Task to carry out:
Please find every line in the entries below that contains the string "List", and copy it.

___ Raw data

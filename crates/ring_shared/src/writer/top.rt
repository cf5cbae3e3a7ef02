//! The payload of the frame on top, lent to be written.
use crate::writer::Writer;
use nested_writer::frame::Slot;
use nested_writer::{Payload, WriteFault};

impl Writer {
    ghost use Rattle.std.specs.Prelude.{◌≡◌, ◌↔◌, ℕ, List, [], ◌∷◌, Option, Some, length, IsOk, IfOk};
    ghost use Rattle.std.specs.Borrow.{sem};
    ghost use Rattle.nested_writer.specs.Calls.{LacksSlot, IsTopSlot};
    ghost use Rattle.nested_writer.specs.Lent.{lent_bytes, with_bytes};
    ghost use Rattle.ring_frames.specs.Lending.{LendsSlot};
    ghost use Rattle.ring_shared.specs.Calls.{IsWriter};
    ghost use Rattle.ring_shared.specs.Rooms.{rooms, IsTopRoom};
    ghost use Rattle.ring_shared.specs.Lending.{FitsFrame, LendsTop, with_lent};

    /// Where the record of the frame on top is. Refused with `NoFrame` if there is no frame, and with `NotReserved` if
    /// the one on top has no record.
    #[inline(always)]
    pub(crate) fn top_slot(&self) -> Result<Slot, WriteFault>
        ensures no_frame { result ≡ Err WriteFault.NoFrame ↔ self.now.frames.stack.frames ≡ [] }
        ensures not_reserved { result ≡ Err WriteFault.NotReserved ↔ LacksSlot self.now.frames.stack.frames }
        ensures slot { IfOk result (λ slot. IsTopSlot self.now.frames.stack.frames slot) }
        ensures found { (slot : Slot) → IsTopSlot self.now.frames.stack.frames slot → result ≡ Ok slot }
    {
        self.frames.top_slot()
    }

    /// The payload of the frame on top, to be written: it acts as the slice of its bytes. All else stays as it is, so
    /// the payloads of the other frames; and it touches no word of the ring. Refused with `NoFrame` if there is no
    /// frame, and with `NotReserved` if the one on top has no record.
    #[inline(always)]
    pub fn top_mut(&mut self) -> Result<&mut Payload, WriteFault>
        requires writer { IsWriter self.old }
        ensures* lends { sem 𝓛 (LendsTop self.entry result) }
        ensures slot { LendsSlot self.old.frames.stack result }
        ensures held { (slot : Slot) → IsTopSlot self.old.frames.stack.frames slot → IsOk result }
        ensures unwritten { IfOk result (λ payload. with_lent self.old payload.now ≡ self.old) }
        ensures room { IfOk result (λ payload. IsTopRoom self.old (length (lent_bytes payload.now))) }
        ensures long { (bytes : ℕ) (below : List (Option ℕ))
            → rooms self.old ≡ Some bytes ∷ below
            → IfOk result (λ payload. length (lent_bytes payload.now) ≡ bytes) }
        ensures fits { (slot : Slot) → IsTopSlot self.old.frames.stack.frames slot → FitsFrame self.old slot }
        ensures writer { IfOk result (λ payload. (part : List ℕ)
            → length part ≡ length (lent_bytes payload.now)
            → IsWriter (with_lent self.old (with_bytes payload.now part))) }
    {
        self.frames.top_mut()
    }
}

______

Solution:
    ghost use Rattle.std.specs.Prelude.{◌≡◌, ◌↔◌, ℕ, List, [], ◌∷◌, Option, Some, length, IsOk, IfOk};
        ensures long { (bytes : ℕ) (below : List (Option ℕ))
        ensures writer { IfOk result (λ payload. (part : List ℕ)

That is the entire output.